**RECORDS TO PROCESS:**
//! What becomes of a command at login.
ghost use Rattle.std.specs.Prelude.{map};
ghost use Rattle.binkp_args.specs.Limits.{AreAddresses};
ghost use Rattle.ftn_addr.specs.Address.{address};

use ftn_addr::{Addr, Bytes};

/// What was wrong with a command of the peer's.
#[derive(Clone, Copy, Debug, PartialEq, Eq)]
pub enum LoginFault {
    /// No address is left without the own ones.
    NoAddress,
    /// The called address isn't among the peer's.
    NotCalled,
    /// It doesn't belong here.
    OutOfTurn,
}

/// A peer that is in: its addresses, one at least, and whether a password was checked or sent.
#[derive(Debug, Drop)]
pub struct Login {
    pub peers: Vec<Addr>,
    pub secure: bool,
    pub ghost are: { AreAddresses (map address peers.items) },
}

/// What became of a command.
#[derive(Debug, Drop)]
pub enum AuthStep {
    /// The login goes on.
    More,
    In(Login),
    /// The caller's password isn't the right one: the answer to the challenge that was wanted, and what
    /// was given.
    BadPassword(Bytes, Bytes),
    /// The peer said M_ERR with that text.
    PeerError(Bytes),
    /// The peer said M_BSY.
    PeerBusy,
    /// The command was refused.
    Broke(LoginFault),
}
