//! Where a login stands.
ghost use Rattle.std.specs.Prelude.{map};
ghost use Rattle.binkp_args.specs.Limits.{AreAddresses};
ghost use Rattle.ftn_addr.specs.Address.{address};

use cram_md5::Offer;
use ftn_addr::Addr;

/// The peer's addresses without the own ones, one at least.
#[derive(Debug, Drop)]
pub(crate) struct Peers {
    pub addresses: Vec<Addr>,
    pub ghost are: { AreAddresses (map address addresses.items) },
}

/// Where a login stands.
#[derive(Debug, Drop)]
pub(crate) enum Stage {
    /// Before the peer's addresses, with its last offer so far.
    AwaitsAddress(Offer),
    /// At the answering side, before the caller's password.
    AwaitsPassword(Peers),
    /// At the calling side with the own password said, before the word that it is accepted; and whether
    /// that was one.
    AwaitsWord(Peers, bool),
}
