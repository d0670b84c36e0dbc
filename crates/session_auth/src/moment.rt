//! The moment as the greeting has it.
ghost use Rattle.std.specs.Prelude.{◌≡◌, ◌≤◌, length, IfOk};
ghost use Rattle.session_auth.specs.Moment.{moment_text};

use crate::passwords::front;
use ftn_addr::{Bytes, NoMemory};
use httpdate::HttpDate;
use std::alloc::Global;

/// The bytes of a date and a time without the zone.
const UNZONED: usize = 25;

/// The date and the time of a moment in seconds since 1970, in UTC as RFC 2822 writes them.
pub(crate) fn moment_text(alloc: Global, now: u64) -> Result<Bytes, NoMemory>
    requires { now ≤ 250000000000 }
    ensures text { IfOk result (λ text. text.list ≡ moment_text now) }
    ensures length { IfOk result (λ text. length text.list ≤ 32) }
{
    let mut text = Bytes::new(alloc);
    let Ok(date) = HttpDate::from_unix_secs(now) else {
        return Ok(text);
    };
    let bytes = date.to_bytes();
    text.push_slice(front(&bytes, UNZONED))?;
    text.push_slice(b" +0000")?;
    Ok(text)
}
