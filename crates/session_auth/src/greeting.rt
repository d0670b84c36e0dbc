//! The greeting.
ghost use Rattle.std.specs.Prelude.{◌≡◌, ◌+◌, ◌≤◌, [], ◌∷◌, ◌++◌, map, length, IfOk, OnOk};
ghost use Rattle.binkp_args.specs.Command.{Adr};
ghost use Rattle.binkp_args.specs.Limits.{AreAddresses};
ghost use Rattle.ftn_addr.specs.Address.{address};
ghost use Rattle.ftn_addr.specs.Writing.{canonical};
ghost use Rattle.mail_conf.specs.ConfView.{conf_text};
ghost use Rattle.session_auth.specs.Greeting.{announced, greeting, offer_line, setting_line, time_line, version};
ghost use Rattle.session_auth.specs.Says.{said_bytes};
ghost use Rattle.session_auth.specs.Sides.{side_of};

use crate::Side;
use crate::moment::moment_text;
use crate::passwords::cut;
use crate::saying::{say, say_text};
use binkp_args::Command;
use cram_md5::offer_text;
use ftn_addr::{Addr, Bytes, NoMemory, write_addr};
use mail_conf::Conf;
use std::alloc::Global;

/// The most bytes of an M_ADR's argument, and one.
const ROOM: usize = 32_001;

/// The last moment that is told.
const LAST_TOLD: u64 = 250_000_000_000;

/// The offer of the answering side.
fn say_offer(
    alloc: Global,
    side: &Side,
    challenge: &[u8; 16],
    out: &mut Bytes,
) -> Result<(), NoMemory>
    ensures { OnOk result (out.new.list ≡ out.old.list ++ said_bytes (offer_line (side_of side.now) challenge.now)) }
{
    match side {
        Side::Answers => {
            let mut text = Bytes::from_slice(alloc, b"OPT ")?;
            offer_text(alloc, challenge, &mut text)?;
            say_text(alloc, text, out)
        }
        Side::Calls(_) => Ok(()),
    }
}

/// A setting that is given, behind its word.
fn say_setting(alloc: Global, word: &[u8], text: &Bytes, out: &mut Bytes) -> Result<(), NoMemory>
    requires { length word.now ≤ 16 }
    ensures { OnOk result (out.new.list ≡ out.old.list ++ said_bytes (setting_line word.now text.now.list)) }
{
    if text.is_empty() {
        return Ok(());
    }
    let mut line = Bytes::from_slice(alloc, word)?;
    line.push_slice(cut(text.as_slice()))?;
    say_text(alloc, line, out)
}

/// The moment in seconds since 1970.
fn say_time(alloc: Global, now: u64, out: &mut Bytes) -> Result<(), NoMemory>
    ensures { OnOk result (out.new.list ≡ out.old.list ++ said_bytes (time_line now)) }
{
    if now > LAST_TOLD {
        return Ok(());
    }
    let mut line = Bytes::from_slice(alloc, b"TIME ")?;
    line.push_slice(moment_text(alloc, now)?.as_slice())?;
    say_text(alloc, line, out)
}

/// The length of an address's text, in bytes.
fn text_len(alloc: Global, addr: &Addr) -> Result<usize, NoMemory>
    ensures { IfOk result (λ len. len ≡ length (canonical (address addr.now))) }
{
    let mut text = Bytes::new(alloc);
    write_addr(alloc, addr, &mut text)?;
    Ok(text.len())
}

/// The own addresses that fit.
fn announced(alloc: Global, addresses: &[Addr]) -> Result<Vec<Addr>, NoMemory>
    ensures { IfOk result (λ told. map address told.items ≡ announced (map address addresses.now)) }
{
    let mut room = ROOM;
    let mut told = Vec::new(alloc);
    for addr in addresses {
        let len = text_len(alloc, addr)?;
        if len >= room {
            return Ok(told);
        }
        room -= len + 1;
        told.push(addr.copy(alloc)?)?;
    }
    Ok(told)
}

fn say_addresses(alloc: Global, addresses: &[Addr], out: &mut Bytes) -> Result<(), NoMemory>
    requires { AreAddresses (map address addresses.now) }
    ensures { OnOk result (out.new.list ≡ out.old.list ++ said_bytes (Adr (announced (map address addresses.now)) ∷ [])) }
{
    let told = announced(alloc, addresses)?;
    say(alloc, &Command::Adr(told), out)
}

fn say_version(alloc: Global, out: &mut Bytes) -> Result<(), NoMemory>
    ensures { OnOk result (out.new.list ≡ out.old.list ++ said_bytes (version ∷ [])) }
{
    let text = Bytes::from_slice(alloc, b"VER binkp_mailer/1.0 binkp/1.0")?;
    say_text(alloc, text, out)
}

/// Says all of the greeting. Where no memory is left a front of it may stand in `out`.
pub(crate) fn say_greeting(
    alloc: Global,
    side: &Side,
    conf: &Conf,
    challenge: &[u8; 16],
    now: u64,
    out: &mut Bytes,
) -> Result<(), NoMemory>
    requires { AreAddresses (map address conf.now.addresses.items) }
    ensures said { OnOk result (out.new.list ≡ out.old.list ++ said_bytes (greeting (side_of side.now) (conf_text conf.now) challenge.now now)) }
    ensures short { OnOk result (length out.new.list ≤ length out.old.list + 40000) }
{
    say_offer(alloc, side, challenge, out)?;
    say_setting(alloc, b"SYS ", &conf.sysname, out)?;
    say_setting(alloc, b"ZYZ ", &conf.sysop, out)?;
    say_setting(alloc, b"LOC ", &conf.location, out)?;
    say_setting(alloc, b"NDL ", &conf.nodeinfo, out)?;
    say_time(alloc, now, out)?;
    say_version(alloc, out)?;
    say_addresses(alloc, conf.addresses.as_slice(), out)
}
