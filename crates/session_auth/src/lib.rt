//! The greeting and the login of a binkp session (FTS-1026), with passwords (FTS-1027) and the settings.
//!
//! [`Auth::start`] greets the peer, and [`Auth::take`] takes its commands one by one until the login is
//! done. What a command does is an [`AuthStep`]: the login goes on, the peer is in ([`Login`]), or the
//! session ends. What is said is added to the bytes that are handed in.
//!
//! ```
//! let mut auth = Auth::start(alloc, Side::Answers, &conf, challenge, now, &mut out)?;
//! match auth.take(alloc, command, &conf, &mut out)? {
//!     AuthStep::More => {}
//!     AuthStep::In(login) => begin(&login.peers, login.secure),
//!     ..
//! }
//! ```
//!
//! `specs/Greeting.antt` says what the greeting is, and `specs/Login.antt` what each command does where
//! the login stands (`reply_to`). Four laws about that are functions with empty bodies:
//! [`secure_where_a_password_was_checked`], [`secure_where_a_password_was_sent`],
//! [`addresses_stay_in_order`] and [`no_plain_password_at_an_offer`].
//!
//! Left out: frames as bytes of a line, arguments that can't be read, data frames, and what comes after
//! the login.
#![tactic(auto)]

mod auth;
mod greeting;
mod laws;
mod moment;
mod passwords;
mod saying;
mod side;
mod stage;
mod steps;

pub use auth::Auth;
pub use laws::{
    addresses_stay_in_order, no_plain_password_at_an_offer, secure_where_a_password_was_checked,
    secure_where_a_password_was_sent,
};
pub use side::Side;
pub use steps::{AuthStep, Login, LoginFault};
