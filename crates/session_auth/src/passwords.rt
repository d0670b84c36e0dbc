//! Whose password is wanted, and which one is given.
ghost use Rattle.std.specs.Prelude.{◌≡◌, map, take, filter, option_map, [], ◌∷◌, ◌++◌, OnOk, IfOk};
ghost use Rattle.std.specs.List.{list_any};
ghost use Rattle.cram_md5.specs.Offer.{offer_of};
ghost use Rattle.cram_md5.specs.Views.{offered};
ghost use Rattle.ftn_addr.specs.Address.{address, same_address};
ghost use Rattle.mail_conf.specs.ConfView.{conf_text};
ghost use Rattle.session_auth.specs.Passwords.{is_among, later_offer, password_for, shares, spoken_password, wanted_password, without_own};

use cram_md5::{Offer, answer_text, read_offer};
use ftn_addr::{Addr, Bytes, NoMemory, is_same_address};
use mail_conf::Conf;
use std::alloc::Global;

/// The most bytes of a plain password or of a setting that are sent.
const MAX_SENT: usize = 1_024;

/// The first bytes, so many at the most.
pub(crate) fn front(text: &[u8], most: usize) -> &[u8]
    ensures { result.now ≡ take most text.now }
{
    if text.len() > most {
        &text[..most]
    } else {
        text
    }
}

/// The first 1,024 bytes.
pub(crate) fn cut(text: &[u8]) -> &[u8]
    ensures { result.now ≡ take 1024 text.now }
{
    front(text, MAX_SENT)
}

/// The password that the settings have for an address; an empty one is none.
pub(crate) fn password_for<'a>(conf: &'a Conf, addr: &Addr) -> &'a [u8]
    ensures { result.now ≡ password_for (conf_text conf.now) (address addr.now) }
{
    match conf.node(addr) {
        Some(node) => node.password.as_slice(),
        None => &[],
    }
}

/// The password of the first of these addresses that has one.
pub(crate) fn wanted_password<'a>(conf: &'a Conf, peers: &[Addr]) -> Option<&'a [u8]>
    ensures { option_map (λ password. password.now) result ≡ wanted_password (conf_text conf.now) (map address peers.now) }
{
    for peer in peers {
        let password = password_for(conf, peer);
        if !password.is_empty() {
            return Some(password);
        }
    }
    None
}

fn any_is(addr: &Addr, addresses: &[Addr]) -> bool
    ensures { result ≡ list_any (λ other. same_address (address addr.now) (address other)) addresses.now }
{
    addresses.iter().any(|other| is_same_address(addr, other))
}

/// Whether an address is one of these.
pub(crate) fn is_among(addr: &Addr, addresses: &[Addr]) -> bool
    ensures { result ≡ is_among (address addr.now) (map address addresses.now) }
{
    any_is(addr, addresses)
}

fn push_other(own: &[Addr], addr: Addr, others: &mut Vec<Addr>) -> Result<(), NoMemory>
    ensures { OnOk result (map address others.new.items ≡ map address others.old.items ++ without_own (map address own.now) (address addr ∷ [])) }
{
    if !is_among(&addr, own) {
        others.push(addr)?;
    }
    Ok(())
}

/// The addresses that are none of the own ones.
pub(crate) fn without_own(
    alloc: Global,
    own: &[Addr],
    addresses: Vec<Addr>,
) -> Result<Vec<Addr>, NoMemory>
    ensures { IfOk result (λ others. map address others.items ≡ without_own (map address own.now) (map address addresses.items)) }
{
    let mut others = Vec::new(alloc);
    for addr in addresses {
        push_other(own, addr, &mut others)?;
    }
    Ok(others)
}

/// Whether an address has that password, or none.
fn shares(conf: &Conf, password: &[u8], addr: &Addr) -> bool
    ensures { result ≡ shares (conf_text conf.now) password.now (address addr.now) }
{
    let own = password_for(conf, addr);
    own.is_empty() || own == password
}

fn push_sharer(
    conf: &Conf,
    password: &[u8],
    addr: Addr,
    sharers: &mut Vec<Addr>,
) -> Result<(), NoMemory>
    ensures { OnOk result (map address sharers.new.items ≡ map address sharers.old.items ++ filter (shares (conf_text conf.now) password.now) (address addr ∷ [])) }
{
    if shares(conf, password, &addr) {
        sharers.push(addr)?;
    }
    Ok(())
}

/// The addresses that have that password, or none.
pub(crate) fn sharers(
    alloc: Global,
    conf: &Conf,
    password: &[u8],
    peers: Vec<Addr>,
) -> Result<Vec<Addr>, NoMemory>
    ensures { IfOk result (λ sharers. map address sharers.items ≡ filter (shares (conf_text conf.now) password.now) (map address peers.items)) }
{
    let mut sharers = Vec::new(alloc);
    for addr in peers {
        push_sharer(conf, password, addr, &mut sharers)?;
    }
    Ok(sharers)
}

/// The last offer, once this text has come: a text without an offer takes none away.
pub(crate) fn later_offer(alloc: Global, offer: Offer, text: &[u8]) -> Result<Offer, NoMemory>
    ensures { IfOk result (λ later. offered later ≡ later_offer (offered offer) (offer_of text.now)) }
{
    match read_offer(alloc, text)? {
        Offer::Absent => Ok(offer),
        Offer::Md5(challenge) => Ok(Offer::Md5(challenge)),
        Offer::Foreign => Ok(Offer::Foreign),
        Offer::Bad => Ok(Offer::Bad),
    }
}

/// What M_PWD says: `-` for no password, the answer to an MD5 challenge, or else the password's first
/// 1,024 bytes.
pub(crate) fn spoken_password(
    alloc: Global,
    password: &[u8],
    offer: &Offer,
) -> Result<Bytes, NoMemory>
    ensures { IfOk result (λ text. text.list ≡ spoken_password password.now (offered offer.now)) }
{
    if password.is_empty() {
        return Bytes::from_slice(alloc, b"-");
    }
    match offer {
        Offer::Md5(challenge) => {
            let mut text = Bytes::new(alloc);
            answer_text(alloc, password, challenge.as_slice(), &mut text)?;
            Ok(text)
        }
        Offer::Absent | Offer::Foreign | Offer::Bad => Bytes::from_slice(alloc, cut(password)),
    }
}
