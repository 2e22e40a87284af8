//! `check`, over paths and sinks in memory.
use crate::carried::{Unread, carry, has_told};
use crate::programs::{holding, is_cut_anywhere};
use pb_helpers::Version;
use pb_isa::Profile;
use pb_texts::{Options, ProgramFile};
use std::rt::HostRuntime;

const CHECK: Options = Options::Check(ProgramFile {
    file: "i",
    profile: Profile::One,
    version: Version::First,
});

#[test]
fn memory_for_a_program_is_refused(rt: HostRuntime) {
    let mut folder = holding(rt.alloc(), b"");
    folder.input = Err(Unread::NoMemory);
    let outcome = carry(&rt, &CHECK, &mut folder, usize::MAX, true);
    assert!(rt; has_told(outcome, "no memory\n"));
}

#[test]
fn a_verdict_may_fail_at_any_call(rt: HostRuntime) {
    let bytes = b"\xb7\0\0\0\0\0\0\0\x95\0\0\0\0\0\0\0" as &[u8];
    let text = b"accepted 2 slots\n" as &[u8];
    assert!(rt; is_cut_anywhere(&rt, &CHECK, bytes, text));
}
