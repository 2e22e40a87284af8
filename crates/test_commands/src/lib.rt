//! The tests of commands over paths and sinks in memory, where an output fails at some call, or memory is refused, and over
//! each choice of two sorts of tablet; and of whole texts written to sinks. What the built program shows by itself is run by checks/rows.
//!
//! They stand in a crate of their own, since a crate that has tests is proved twice.
#![tactic(auto)]

#[cfg(test)]
mod carried;
#[cfg(test)]
mod checks;
#[cfg(test)]
mod choices;
#[cfg(test)]
mod faults;
#[cfg(test)]
mod programs;
#[cfg(test)]
mod replays;
#[cfg(test)]
mod runs;
#[cfg(test)]
mod sinks;
#[cfg(test)]
mod unfinished;
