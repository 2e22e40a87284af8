//! `asm` and `dis`, over paths and sinks in memory.
ghost use Rattle.std.specs.Prelude.{◌≡◌, ◌∷◌, [], true, IfOk};
ghost use Rattle.std.specs.Str.{bytes_eq};
ghost use Rattle.pb_command.specs.Commands.{IsSequential};

use crate::carried::{File, Outcome, Unread, carry, copy_of, has_printed, has_told, is_cut};
use pb_files::{PathFault, Paths};
use pb_isa::Profile;
use pb_texts::Options;
use std::alloc::Global;
use std::rt::HostRuntime;
use test_fixtures::Unready;

const LISTING: Options = Options::Dis {
    file: "i",
    profile: Profile::One,
};

// A file to be read at the path `i`, and what was written to the path `o`. No other path can be read or written.
#[derive(Drop)]
pub(crate) struct Folder<'a> {
    alloc: Global,
    pub(crate) input: File<'a>,
    // What each write is refused with.
    refuses: Option<Unread>,
    output: Option<Vec<u8>>,
    failed: bool,
}

impl<'a> Paths for Folder<'a> {
    ghost use Rattle.std.specs.Prelude.{Some, Ok, Err, [], ◌∷◌, if◌then◌else◌};
    ghost use Rattle.std.specs.Option.{option_map, ok_or};
    ghost use Rattle.std.specs.Result.{result_ok};
    ghost use Rattle.std.specs.Str.{bytes_eq};
    ghost use Rattle.pb_files.specs.declared.paths.PathFault.TheVariants.{Failed};

    // An input that isn't read answers a fault, but not a stated one, as it is made anew each time.
    ghost held = { λ f path.
        if bytes_eq path (105 ∷ []) then option_map (λ r. Ok r.now) (result_ok f.input)
        else if bytes_eq path (111 ∷ []) then Some (ok_or (option_map (λ v. v.items) f.output) Failed)
        else Some (Err Failed) };

    ghost failed = { λ f. f.failed };

    fn read(&mut self, path: &str) -> Result<Vec<u8>, PathFault> {
        if path == "i" {
            return match self.input {
                Ok(bytes) => copy_of(self.alloc, bytes),
                Err(unread) => Err(unread.fault(self.alloc)),
            };
        }
        match &self.output {
            Some(output) if path == "o" => copy_of(self.alloc, output),
            _ => Err(PathFault::Failed),
        }
    }

    fn write(&mut self, path: &str, bytes: &[u8]) -> Result<(), PathFault> {
        match self.content_after(path, bytes) {
            Ok(output) => {
                self.output = Some(output);
                Ok(())
            }
            Err(fault) => {
                self.failed = true;
                Err(fault)
            }
        }
    }
}

impl<'a> Folder<'a> {
    // What a write leaves at a path.
    fn content_after(&self, path: &str, bytes: &[u8]) -> Result<Vec<u8>, PathFault>
        ensures { IfOk result (λ v. (bytes_eq path.now (111 ∷ []) ≡ true) × (v.items ≡ bytes.now)) }
    {
        if path != "o" {
            return Err(PathFault::Failed);
        }
        match self.refuses {
            Some(unread) => Err(unread.fault(self.alloc)),
            None => copy_of(self.alloc, bytes),
        }
    }
}

pub(crate) fn holding(alloc: Global, input: &[u8]) -> Folder {
    Folder {
        alloc,
        input: Ok(input),
        refuses: None,
        output: None,
        failed: false,
    }
}

fn asm(rt: &HostRuntime, folder: &mut Folder) -> Result<Outcome, Unready> {
    let options = Options::Asm {
        input: "i",
        output: "o",
        profile: Profile::One,
    };
    carry(rt, &options, folder, usize::MAX, true)
}

// Whether `asm` reports this fault, and writes nothing.
fn tells(rt: &HostRuntime, folder: &mut Folder, fault: &str) -> bool {
    has_told(asm(rt, folder), fault) && folder.output.is_none()
}

#[test]
fn memory_for_bytes_is_refused(rt: HostRuntime) {
    let mut folder = holding(rt.alloc(), b"");
    folder.input = Err(Unread::NoMemory);
    assert!(rt; tells(&rt, &mut folder, "no memory\n"));
    assert!(rt;
        has_told(
            carry(&rt, &LISTING, &mut folder, usize::MAX, true),
            "no memory\n"
        )
    );
    // The first fault is reported.
    folder.refuses = Some(Unread::Failed);
    assert!(rt; tells(&rt, &mut folder, "no memory\n"));
}

#[test]
fn bytes_are_not_read(rt: HostRuntime) {
    let table = [
        (Unread::Failed, "cannot read i\n"),
        (Unread::TooLarge, "too large i\n"),
        (Unread::NoMemory, "no memory\n"),
    ];
    for (fault, line) in table {
        let mut folder = holding(rt.alloc(), b"");
        folder.input = Err(fault);
        assert!(rt; tells(&rt, &mut folder, line), "{line}");
    }
}

#[test]
fn what_was_written_is_read(rt: HostRuntime) {
    let mut folder = holding(rt.alloc(), b"exit");
    let outcome = asm(&rt, &mut folder).expect(&rt, "memory");
    assert!(rt; has_printed(&outcome, b""));
    let listing = Options::Dis {
        file: "o",
        profile: Profile::One,
    };
    let outcome = carry(&rt, &listing, &mut folder, usize::MAX, true).expect(&rt, "memory");
    assert!(rt; has_printed(&outcome, b"exit\n"));
}

#[test]
fn bytes_are_not_written(rt: HostRuntime) {
    let table = [
        (Unread::Failed, "cannot write o\n"),
        (Unread::TooLarge, "cannot write o\n"),
        (Unread::NoMemory, "no memory\n"),
    ];
    for (fault, line) in table {
        let mut folder = holding(rt.alloc(), b"exit");
        folder.refuses = Some(fault);
        assert!(rt; tells(&rt, &mut folder, line), "{line}");
    }
}

// Whether a command prints just a beginning of the text, and reports that, if its output ends at
// any call, which fails or takes no byte.
pub(crate) fn is_cut_anywhere(
    rt: &HostRuntime,
    options: &Options,
    bytes: &[u8],
    text: &[u8],
) -> bool
    requires { IsSequential options.now }
{
    let mut held = true;
    for j in 0..text.len() {
        for fails in [true, false] {
            let mut folder = holding(rt.alloc(), bytes);
            let outcome = carry(rt, options, &mut folder, j, fails);
            held = held && is_cut(outcome, j, text);
        }
    }
    held
}

#[test]
fn a_listing_may_fail_at_any_call(rt: HostRuntime) {
    let table = [
        (
            b"\xb7\0\0\0\x07\0\0\0\x95\0\0\0\0\0\0\0" as &[u8],
            b"mov64 r0, 7\nexit\n" as &[u8],
        ),
        (b"\x8f\x01\0\0\0\0\0\0", b"refused slot 0 code 12\n"),
    ];
    for (bytes, text) in table {
        assert!(rt; is_cut_anywhere(&rt, &LISTING, bytes, text), "{text:?}");
    }
}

**INSTRUCTIONS TO FOLLOW:**
Please state the number of lines in the data above that hold the word "filter", without any other text.

**ANSWER TO THIS EXERCISE:**
3